A Sept. 23, 2016 article by Daniel Denvir for Salon.com sums up the responses from some of the institutions affected by this report,

Under fire yet again, law enforcement is fighting back. Facing heavy criticism for misconduct and abuse, prosecutors are protesting a new report from President Obama’s top scientific advisors that documents what has long been clear: much of the forensic evidence used to win convictions, including complex DNA samples and bite mark analysis, is not backed up by credible scientific research.

Although the evidence of this is clear, many in law enforcement seem terrified that keeping pseudoscience out of prosecutions will make them unwinnable. Attorney General Loretta Lynch declined to accept the report’s recommendations on the admissibility of evidence and the FBI accused the advisors of making “broad, unsupported assertions.” But the National District Attorneys Association, which represents roughly 2,5000 top prosecutors nationwide, went the furthest, taking it upon itself to, in its own words, “slam” the report.

Prosecutors’ actual problem with the report, produced by some of the nation’s leading scientists on the President’s Council of Advisors on Science and Technology, seems to be unrelated to science. Reached by phone NDAA president-elect Michael O. Freeman could not point to any specific problem with the research and accused the scientists of having an agenda against law enforcement.

“I’m a prosecutor and not a scientist,” Freeman, the County Attorney in Hennepin County, Minnesota, which encompasses Minneapolis, told Salon. “We think that there’s particular bias that exists in the folks who worked on this, and they were being highly critical of the forensic disciplines that we use in investigating and prosecuting cases.”

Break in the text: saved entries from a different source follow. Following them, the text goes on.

//! The names of tables, from the last to the first.

ghost use Rattle.std.specs.Prelude.{◌≡◌, [], ◌∷◌, false, IfErr, IfOk, IsTrue};
ghost use Rattle.bw_record.specs.Keys.{is_below};
ghost use Rattle.bw_leaf.specs.Changed.{Bytes};
ghost use Rattle.bw_rows.specs.Spelling as spelling;
ghost use Rattle.bw_home.specs.Maps.{maps_of};
ghost use Rattle.bw_home.specs.Ready.{IsReady};
ghost use Rattle.bw_calls.specs.Listing.{IsAnyName, IsLastName, Names};
ghost use Rattle.bw_calls.specs.Lives.{Reads};
ghost use Rattle.bw_calls.specs.Standing.{plain_in, tables_in, waits};

use crate::fault::TableFault;
use crate::ways;
use bw_codec::Key;
use bw_home::Home;
use bw_rows::{Name, name_key};

// The kind of keys of names.
const NAME: u8 = 1;

// The name in a key; `None` if the kind of the key is below that of names.
fn name_in(key: &[u8]) -> Result<Option<Name>, TableFault>
    ensures names { IfOk result (λ name. Names key.now name) }
    ensures before { IfErr result (λ fault. waits fault ≡ false) }
{
    let [kind, bytes @ ..] = key else {
        return Ok(None);
    };
    if *kind < NAME {
        return Ok(None);
    }
    if *kind > NAME {
        return Err(TableFault::NotTables);
    }
    match Name::new(bytes) {
        Ok(name) => Ok(Some(name)),
        Err(_) => Err(TableFault::NotTables),
    }
}

// The last name whose key is below this one.
fn name_below(home: &mut Home, at: &Key) -> Result<Option<Name>, TableFault>
    requires { IsReady home.old holding }
    ensures ready { IsReady home.new holding }
    ensures same { (maps_of home.new holding).put ≡ (maps_of home.old holding).put }
    ensures name { IfOk result (λ name. IsLastName (tables_in home.old holding)
        (λ n. IsTrue (is_below (spelling.name_key n) at.now)) name) }
    ensures before { IfErr result (λ fault. waits fault ≡ false) }
    ensures leaves { Reads home.old home.new holding }
{
    match ways::below(home, at)? {
        Some((key, _)) => name_in(key.as_slice()),
        None => Ok(None),
    }
}

/// The last name of a table, in the order of their bytes; `None` if there is no table.
///
/// Refused `NotRead` as the store is, and `NotTables` if the store has other pairs than those of
/// tables.
pub fn last_name(home: &mut Home) -> Result<Option<Name>, TableFault>
    requires { IsReady home.old holding }
    ensures ready { IsReady home.new holding }
    ensures same { (maps_of home.new holding).put ≡ (maps_of home.old holding).put }
    ensures name { IfOk result (λ name.
        IsLastName (tables_in home.old holding) IsAnyName name) }
    ensures before { IfErr result (λ fault. waits fault ≡ false) }
    ensures leaves { Reads home.old home.new holding }
{
    name_below(home, &ways::key_of(&[NAME + 1]))
}

/// The last name of a table below this one; `None` if there is none. So a walk over all tables goes
/// from the last to the first. Refused as `last_name` is.
pub fn name_before(home: &mut Home, name: &Name) -> Result<Option<Name>, TableFault>
    requires { IsReady home.old holding }
    ensures ready { IsReady home.new holding }
    ensures same { (maps_of home.new holding).put ≡ (maps_of home.old holding).put }
    ensures name { IfOk result (λ found. IsLastName (tables_in home.old holding)
        (λ n. IsTrue (is_below n name.now)) found) }
    ensures before { IfErr result (λ fault. waits fault ≡ false) }
    ensures leaves { Reads home.old home.new holding }
{
    name_below(home, &name_key(name))
}
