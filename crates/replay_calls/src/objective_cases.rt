// The byte calls on the objective, as those on an arm sheet.
ghost use Rattle.std.specs.Prelude.{◌≡◌, ◌+◌};
ghost use Rattle.stored_answers.specs.Stored.{list_of};
ghost use Rattle.stored_answers.specs.Agree.{filled};
ghost use Rattle.replay_calls.specs.Table.{objective_outputs};
ghost use Rattle.replay_calls.specs.Objectives.{set_weights_agrees, objective_agrees, gradient_agrees, finite_diff_agrees, one_block_agrees};

use crate::{numbers, table};
use objective_bytes::objectives;
use stored_answers::agree::agrees;
use stored_answers::stored::Record;

pub fn set_weights(r: Record) -> bool
    ensures { result ≡ set_weights_agrees r.entry.s.now r.entry.at }
{
    let number = objectives::set_weights(r.list(table::SET_WEIGHTS));
    agrees(r, number, 0, &[])
}

pub fn objective(r: Record, value: &mut [u8]) -> bool
    requires { value.old ≡ filled (list_of r.s.now r.at objective_outputs) }
    ensures { result ≡ objective_agrees r.entry.s.now r.entry.at }
{
    let strict = numbers::list_number(r, table::PICK);
    let number = objectives::objective(
        r.list(table::SIZES),
        r.list(table::CODES),
        r.list(table::FLOATS),
        r.list(table::LIMITS),
        r.list(table::GOALS),
        r.list(table::HISTORY),
        r.list(table::WEIGHTS),
        r.list(table::TOOL0),
        r.list(table::TOOL1),
        r.list(table::TOOL2),
        r.list(table::TOOL3),
        r.list(table::JOINTS),
        value,
        strict,
    );
    agrees(r, number, table::OBJECTIVE_OUTPUTS, &[value])
}

pub fn gradient(r: Record, scratch: &mut [u8], value: &mut [u8], slopes: &mut [u8]) -> bool
    requires { (scratch.old ≡ filled (list_of r.s.now r.at objective_outputs))
        × (value.old ≡ filled (list_of r.s.now r.at (objective_outputs + 1)))
        × (slopes.old ≡ filled (list_of r.s.now r.at (objective_outputs + 2))) }
    ensures { result ≡ gradient_agrees r.entry.s.now r.entry.at }
{
    let strict = numbers::list_number(r, table::PICK);
    let number = objectives::gradient(
        r.list(table::SIZES),
        r.list(table::CODES),
        r.list(table::FLOATS),
        r.list(table::LIMITS),
        r.list(table::GOALS),
        r.list(table::HISTORY),
        r.list(table::WEIGHTS),
        r.list(table::TOOL0),
        r.list(table::TOOL1),
        r.list(table::TOOL2),
        r.list(table::TOOL3),
        r.list(table::JOINTS),
        scratch,
        value,
        slopes,
        strict,
    );
    agrees(
        r,
        number,
        table::OBJECTIVE_OUTPUTS,
        &[scratch, value, slopes],
    )
}

pub fn gradient_finite_diff(
    r: Record,
    scratch: &mut [u8],
    value: &mut [u8],
    slopes: &mut [u8],
) -> bool
    requires { (scratch.old ≡ filled (list_of r.s.now r.at objective_outputs))
        × (value.old ≡ filled (list_of r.s.now r.at (objective_outputs + 1)))
        × (slopes.old ≡ filled (list_of r.s.now r.at (objective_outputs + 2))) }
    ensures { result ≡ finite_diff_agrees r.entry.s.now r.entry.at }
{
    let strict = numbers::list_number(r, table::PICK);
    let number = objectives::gradient_finite_diff(
        r.list(table::SIZES),
        r.list(table::CODES),
        r.list(table::FLOATS),
        r.list(table::LIMITS),
        r.list(table::GOALS),
        r.list(table::HISTORY),
        r.list(table::WEIGHTS),
        r.list(table::TOOL0),
        r.list(table::TOOL1),
        r.list(table::TOOL2),
        r.list(table::TOOL3),
        r.list(table::JOINTS),
        scratch,
        value,
        slopes,
        strict,
    );
    agrees(
        r,
        number,
        table::OBJECTIVE_OUTPUTS,
        &[scratch, value, slopes],
    )
}

pub fn gradient_one_block(
    r: Record,
    value: &mut [u8],
    slopes: &mut [u8],
    record_joints: &mut [u8],
    record_links: &mut [u8],
    record_poses: &mut [u8],
) -> bool
    requires { (value.old ≡ filled (list_of r.s.now r.at objective_outputs))
        × (slopes.old ≡ filled (list_of r.s.now r.at (objective_outputs + 1)))
        × (record_joints.old ≡ filled (list_of r.s.now r.at (objective_outputs + 2)))
        × (record_links.old ≡ filled (list_of r.s.now r.at (objective_outputs + 3)))
        × (record_poses.old ≡ filled (list_of r.s.now r.at (objective_outputs + 4))) }
    ensures { result ≡ one_block_agrees r.entry.s.now r.entry.at }
{
    let strict = numbers::list_number(r, table::PICK);
    let number = one_block_bytes::slopes::gradient_one_block(
        r.list(table::SIZES),
        r.list(table::CODES),
        r.list(table::FLOATS),
        r.list(table::LIMITS),
        r.list(table::GOALS),
        r.list(table::HISTORY),
        r.list(table::WEIGHTS),
        r.list(table::TOOL0),
        r.list(table::TOOL1),
        r.list(table::TOOL2),
        r.list(table::TOOL3),
        r.list(table::JOINTS),
        value,
        slopes,
        record_joints,
        record_links,
        record_poses,
        strict,
    );
    agrees(
        r,
        number,
        table::OBJECTIVE_OUTPUTS,
        &[value, slopes, record_joints, record_links, record_poses],
    )
}
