// The numbers that a record stores as lists of their own: a chain's, and a pick.
ghost use Rattle.std.specs.Prelude.{◌≡◌, ◌≤◌};
ghost use Rattle.replay_calls.specs.Arms.{list_number};

use stored_answers::stored;
use stored_answers::stored::Record;

// The u16 that is list k of the record, 0 where that has no byte.
pub fn list_number(r: Record, k: usize) -> u32
    requires { k ≤ 20 }
    ensures { result ≡ list_number r.entry.s.now r.entry.at k }
{
    stored::number_at(r.list(k), 0) as u32
}
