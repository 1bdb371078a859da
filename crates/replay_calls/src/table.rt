// Which list of a record is which: the one table of list numbers, as specs/Table.antt has it.
ghost use Rattle.std.specs.Prelude.{◌≡◌, ◌≤◌};
ghost use Rattle.replay_calls.specs.Table.{outputs_from, outputs_of, lists_of};

// the calls are 0 to the last one
pub const LAST: usize = 50;

pub const CALLS: usize = LAST + 1;
// every byte call but set_weights: the sheet, sizing without its limits
pub const SIZES: usize = 0;

pub const CODES: usize = SIZES + 1;

pub const FLOATS: usize = CODES + 1;

pub const LIMITS: usize = FLOATS + 1;

pub const LOAD_END: usize = LIMITS + 1;
// set_goals and the calls on the objective
pub const GOALS: usize = LIMITS + 1;

pub const GOALS_END: usize = GOALS + 1;
// the calls on the objective
pub const HISTORY: usize = GOALS + 1;

pub const WEIGHTS: usize = HISTORY + 1;

pub const TOOL0: usize = WEIGHTS + 1;

pub const TOOL1: usize = TOOL0 + 1;

pub const TOOL2: usize = TOOL0 + 2;

pub const TOOL3: usize = TOOL0 + 3;

pub const JOINTS: usize = TOOL0 + 4;

pub const PICK: usize = JOINTS + 1;

pub const OBJECTIVE_OUTPUTS: usize = PICK + 1;

pub const OBJECTIVE_SECOND: usize = OBJECTIVE_OUTPUTS + 1;

pub const OBJECTIVE_THIRD: usize = OBJECTIVE_OUTPUTS + 2;

pub const OBJECTIVE_FOURTH: usize = OBJECTIVE_OUTPUTS + 3;

pub const OBJECTIVE_FIFTH: usize = OBJECTIVE_OUTPUTS + 4;
// update
pub const UPDATE_HISTORY: usize = LIMITS + 1;

pub const UPDATE_JOINTS: usize = UPDATE_HISTORY + 1;

pub const UPDATE_OUTPUT: usize = UPDATE_JOINTS + 1;
// pose, reset
pub const ARM_TOOL0: usize = LIMITS + 1;

pub const ARM_TOOL1: usize = ARM_TOOL0 + 1;

pub const ARM_TOOL2: usize = ARM_TOOL0 + 2;

pub const ARM_TOOL3: usize = ARM_TOOL0 + 3;

pub const POSE_JOINTS: usize = ARM_TOOL0 + 4;

pub const POSE_OUTPUTS: usize = POSE_JOINTS + 1;
// manipulability, frames
pub const ARM_JOINTS: usize = LIMITS + 1;

pub const ARM_OUTPUTS: usize = ARM_JOINTS + 1;
// sizing
pub const PLAN_PICK: usize = FLOATS + 1;

pub const PLAN_OUTPUT: usize = PLAN_PICK + 1;
// set_weights
pub const SET_WEIGHTS: usize = 0;

pub const SET_WEIGHTS_END: usize = SET_WEIGHTS + 1;
// set_tool
pub const TOOL: usize = LIMITS + 1;

pub const CHAIN: usize = TOOL + 1;

pub const SET_TOOL_END: usize = CHAIN + 1;
// a leaf
pub const ASKED: usize = 0;

pub const ANSWERED: usize = ASKED + 1;

// The first output of a call.
pub fn outputs_from(call: usize) -> usize
    ensures { (result ≡ outputs_from call) × (result ≤ 13) }
{
    match call {
        0 => LOAD_END,
        1 => GOALS_END,
        2 => POSE_OUTPUTS,
        3 => ARM_OUTPUTS,
        4 => UPDATE_OUTPUT,
        5 => OBJECTIVE_OUTPUTS,
        6 => ARM_OUTPUTS,
        7 => POSE_OUTPUTS,
        8 => OBJECTIVE_OUTPUTS,
        9 => OBJECTIVE_OUTPUTS,
        10 => OBJECTIVE_OUTPUTS,
        41 => PLAN_OUTPUT,
        42 => SET_WEIGHTS_END,
        43 => SET_TOOL_END,
        _ => ANSWERED,
    }
}

// How many outputs it has.
fn outputs(call: usize) -> usize
    ensures { (result ≡ outputs_of call) × (result ≤ 5) }
{
    match call {
        0..=1 => 0,
        2..=5 => 1,
        6..=7 => 2,
        8..=9 => 3,
        10 => 5,
        11..=41 => 1,
        42..=43 => 0,
        _ => 1,
    }
}

// How many lists a record of the call has.
pub fn lists(call: usize) -> usize
    ensures { (result ≡ lists_of call) × (result ≤ 18) }
{
    outputs_from(call) + outputs(call)
}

That response, devoid of any reference to hard science, has prompted some mockery, including from Robert Smith, Senior Research Fellow and Director of the Fair Punishment Project at Harvard Law School, who accused the NDAA of “fighting to turn America’s prosecutors into the Anti-Vaxxers, the Phrenologists, the Earth-Is-Flat Evangelists of the criminal justice world.”

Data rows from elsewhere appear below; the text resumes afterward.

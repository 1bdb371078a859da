// The byte calls on an arm sheet: each is asked what a record stores, and its answer is held against the stored one.
ghost use Rattle.std.specs.Prelude.{◌≡◌, ◌+◌};
ghost use Rattle.stored_answers.specs.Stored.{list_of};
ghost use Rattle.stored_answers.specs.Agree.{filled};
ghost use Rattle.replay_calls.specs.Table.{arm_outputs, pose_outputs, update_output, plan_output};
ghost use Rattle.replay_calls.specs.Arms.{load_agrees, set_goals_agrees, set_tool_agrees, frames_agree, pose_agrees, manipulability_agrees, reset_agrees, update_agrees, sizing_agrees};

use crate::{numbers, table};
use arm_bytes::arms;
use stored_answers::agree::agrees;
use stored_answers::stored::Record;

pub fn load(r: Record) -> bool
    ensures { result ≡ load_agrees r.entry.s.now r.entry.at }
{
    let number = arms::load(
        r.list(table::SIZES),
        r.list(table::CODES),
        r.list(table::FLOATS),
        r.list(table::LIMITS),
    );
    agrees(r, number, 0, &[])
}

pub fn set_goals(r: Record) -> bool
    ensures { result ≡ set_goals_agrees r.entry.s.now r.entry.at }
{
    let number = arms::set_goals(
        r.list(table::SIZES),
        r.list(table::CODES),
        r.list(table::FLOATS),
        r.list(table::LIMITS),
        r.list(table::GOALS),
    );
    agrees(r, number, 0, &[])
}

pub fn set_tool(r: Record) -> bool
    ensures { result ≡ set_tool_agrees r.entry.s.now r.entry.at }
{
    let chain = numbers::list_number(r, table::CHAIN);
    let number = arms::set_tool(
        r.list(table::SIZES),
        r.list(table::CODES),
        r.list(table::FLOATS),
        r.list(table::LIMITS),
        r.list(table::TOOL),
        chain,
    );
    agrees(r, number, 0, &[])
}

pub fn frames(r: Record, positions: &mut [u8], rotations: &mut [u8]) -> bool
    requires { (positions.old ≡ filled (list_of r.s.now r.at arm_outputs)) × (rotations.old ≡ filled (list_of r.s.now r.at (arm_outputs + 1))) }
    ensures { result ≡ frames_agree r.entry.s.now r.entry.at }
{
    let number = arms::frames(
        r.list(table::SIZES),
        r.list(table::CODES),
        r.list(table::FLOATS),
        r.list(table::LIMITS),
        r.list(table::ARM_JOINTS),
        positions,
        rotations,
    );
    agrees(r, number, table::ARM_OUTPUTS, &[positions, rotations])
}

pub fn pose(r: Record, ends: &mut [u8]) -> bool
    requires { ends.old ≡ filled (list_of r.s.now r.at pose_outputs) }
    ensures { result ≡ pose_agrees r.entry.s.now r.entry.at }
{
    let number = arms::pose(
        r.list(table::SIZES),
        r.list(table::CODES),
        r.list(table::FLOATS),
        r.list(table::LIMITS),
        r.list(table::ARM_TOOL0),
        r.list(table::ARM_TOOL1),
        r.list(table::ARM_TOOL2),
        r.list(table::ARM_TOOL3),
        r.list(table::POSE_JOINTS),
        ends,
    );
    agrees(r, number, table::POSE_OUTPUTS, &[ends])
}

pub fn manipulability(r: Record, value: &mut [u8]) -> bool
    requires { value.old ≡ filled (list_of r.s.now r.at arm_outputs) }
    ensures { result ≡ manipulability_agrees r.entry.s.now r.entry.at }
{
    let number = arms::manipulability(
        r.list(table::SIZES),
        r.list(table::CODES),
        r.list(table::FLOATS),
        r.list(table::LIMITS),
        r.list(table::ARM_JOINTS),
        value,
    );
    agrees(r, number, table::ARM_OUTPUTS, &[value])
}

pub fn reset(r: Record, history: &mut [u8], ends: &mut [u8]) -> bool
    requires { (history.old ≡ filled (list_of r.s.now r.at pose_outputs)) × (ends.old ≡ filled (list_of r.s.now r.at (pose_outputs + 1))) }
    ensures { result ≡ reset_agrees r.entry.s.now r.entry.at }
{
    let number = arms::reset(
        r.list(table::SIZES),
        r.list(table::CODES),
        r.list(table::FLOATS),
        r.list(table::LIMITS),
        r.list(table::ARM_TOOL0),
        r.list(table::ARM_TOOL1),
        r.list(table::ARM_TOOL2),
        r.list(table::ARM_TOOL3),
        r.list(table::POSE_JOINTS),
        history,
        ends,
    );
    agrees(r, number, table::POSE_OUTPUTS, &[history, ends])
}

pub fn update(r: Record, new_history: &mut [u8]) -> bool
    requires { new_history.old ≡ filled (list_of r.s.now r.at update_output) }
    ensures { result ≡ update_agrees r.entry.s.now r.entry.at }
{
    let number = arms::update(
        r.list(table::SIZES),
        r.list(table::CODES),
        r.list(table::FLOATS),
        r.list(table::LIMITS),
        r.list(table::UPDATE_HISTORY),
        r.list(table::UPDATE_JOINTS),
        new_history,
    );
    agrees(r, number, table::UPDATE_OUTPUT, &[new_history])
}

pub fn sizing(r: Record, plan: &mut [u8]) -> bool
    requires { plan.old ≡ filled (list_of r.s.now r.at plan_output) }
    ensures { result ≡ sizing_agrees r.entry.s.now r.entry.at }
{
    let strict = numbers::list_number(r, table::PLAN_PICK);
    let number = arms::sizing(
        r.list(table::SIZES),
        r.list(table::CODES),
        r.list(table::FLOATS),
        plan,
        strict,
    );
    agrees(r, number, table::PLAN_OUTPUT, &[plan])
}
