// The byte calls that have outputs: each output is as long as the stored one, and filled with one byte before the call.
ghost use Rattle.std.specs.Prelude.{◌≡◌, ◌≤◌, ◌<◌, length};
ghost use Rattle.stored_answers.specs.Stored.{list_of};
ghost use Rattle.stored_answers.specs.Agree.{fill};
ghost use Rattle.replay_calls.specs.Arms.{sizing_agrees};
ghost use Rattle.replay_calls.specs.Objectives.{one_block_agrees};
ghost use Rattle.replay_calls.specs.Outputs.{one_agrees, two_agree, three_agree};

use crate::{arm_cases, objective_cases, table};
use stored_answers::stored::Record;

// How long list k of the record is.
fn room(r: Record, k: usize) -> usize
    requires { k ≤ 17 }
    ensures { (result ≡ length (list_of r.entry.s.now r.entry.at k)) × (result < 65536) }
{
    let stored = r.list(k);
    stored.len()
}

// Room for the longest list that a record can have.
fn buffer() -> [u8; 65536]
    ensures { (result ≡ fill 65536) × (65536 ≡ length result) }
{
    [165; 65536]
}

// Not inlined, these five: a record without outputs pays for no buffers.
// Kept: a function for each number of outputs, since a call borrows its outputs apart, and buffers that are as many as a parameter says cannot be taken apart.
#[inline(never)]
pub fn one_output(call: usize, r: Record) -> bool
    requires { (2 ≤ call) × (call < 6) }
    ensures { result ≡ one_agrees call r.entry.s.now r.entry.at }
{
    let n = room(r, table::outputs_from(call));
    let mut a = buffer();
    match call {
        2 => arm_cases::pose(r, &mut a[..n]),
        3 => arm_cases::manipulability(r, &mut a[..n]),
        4 => arm_cases::update(r, &mut a[..n]),
        _ => objective_cases::objective(r, &mut a[..n]),
    }
}

#[inline(never)]
pub fn two_outputs(call: usize, r: Record) -> bool
    requires { (6 ≤ call) × (call < 8) }
    ensures { result ≡ two_agree call r.entry.s.now r.entry.at }
{
    let k = table::outputs_from(call);
    let m = room(r, k);
    let n = room(r, k + 1);
    let mut a = buffer();
    let mut b = buffer();
    match call {
        6 => arm_cases::frames(r, &mut a[..m], &mut b[..n]),
        _ => arm_cases::reset(r, &mut a[..m], &mut b[..n]),
    }
}

#[inline(never)]
pub fn three_outputs(call: usize, r: Record) -> bool
    ensures { result ≡ three_agree call r.entry.s.now r.entry.at }
{
    let l = room(r, table::OBJECTIVE_OUTPUTS);
    let m = room(r, table::OBJECTIVE_SECOND);
    let n = room(r, table::OBJECTIVE_THIRD);
    let mut a = buffer();
    let mut b = buffer();
    let mut c = buffer();
    if call == 8 {
        return objective_cases::gradient(r, &mut a[..l], &mut b[..m], &mut c[..n]);
    }
    objective_cases::gradient_finite_diff(r, &mut a[..l], &mut b[..m], &mut c[..n])
}

#[inline(never)]
pub fn five_outputs(r: Record) -> bool
    ensures { result ≡ one_block_agrees r.entry.s.now r.entry.at }
{
    let k = room(r, table::OBJECTIVE_OUTPUTS);
    let l = room(r, table::OBJECTIVE_SECOND);
    let m = room(r, table::OBJECTIVE_THIRD);
    let n = room(r, table::OBJECTIVE_FOURTH);
    let o = room(r, table::OBJECTIVE_FIFTH);
    let mut a = buffer();
    let mut b = buffer();
    let mut c = buffer();
    let mut d = buffer();
    let mut e = buffer();
    objective_cases::gradient_one_block(
        r,
        &mut a[..k],
        &mut b[..l],
        &mut c[..m],
        &mut d[..n],
        &mut e[..o],
    )
}

#[inline(never)]
pub fn plan_output(r: Record) -> bool
    ensures { result ≡ sizing_agrees r.entry.s.now r.entry.at }
{
    let n = room(r, table::PLAN_OUTPUT);
    let mut a = buffer();
    arm_cases::sizing(r, &mut a[..n])
}
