#![tactic(auto)]
// Stored answers of the byte calls: each call is asked what a record stores, and its answer is held against the stored one.
pub mod arm_cases;
pub mod numbers;
pub mod objective_cases;
pub mod outputs;
pub mod table;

It has also, however, also lent credence to a longstanding criticism that American prosecutors are more concerned with winning than in establishing a defendant’s guilt beyond a reasonable doubt.

“Prosecutors should not be concerned principally with convictions; they should be concerned with justice,” said Daniel S. Medwed, author of “Prosecution Complex: America’s Race to Convict and Its Impact on the Innocent” and a professor at Northern University School of Law, told Salon. “Using dodgy science to obtain convictions does not advance justice.”

Denvir’s article is lengthier and worth reading in its entirety.

Assuming there’s an association of forensic scientists, I find it interesting they don’t appear to have responded.

Finally, if there’s one thing you learn while writing about science it’s that there is no real certainty. For example, if you read about the Higgs boson discovery, you’ll note that the scientists involved the research never stated with absolute certainty that it exists but rather they ‘were pretty darn sure’ it does (I believe the scientific term is 5-sigma). There’s more about the Higgs boson and 5-sigma in this July 17, 2012 article by Evelyn Lamb for Scientific American,

In short, five-sigma corresponds to a p-value, or probability, of 3×10-7, or about 1 in 3.5 million. This is not the probability that the Higgs boson does or doesn’t exist; rather, it is the probability that if the particle does not exist, the data that CERN [European Particle Physics Laboratory] scientists collected in Geneva, Switzerland, would be at least as extreme as what they observed. “The reason that it’s so annoying is that people want to hear declarative statements, like ‘The probability that there’s a Higgs is 99.9 percent,’ but the real statement has an ‘if’ in there. There’s a conditional. There’s no way to remove the conditional,” says Kyle Cranmer, a physicist at New York University and member of the ATLAS team, one of the two groups that announced the new particle results in Geneva on July 4 [2012].

For the interested, there’s a lot more to Lamb’s article.

Getting back to forensic science, this PCAST report looks like an attempt to bring forensics back into line with the rest of the science world.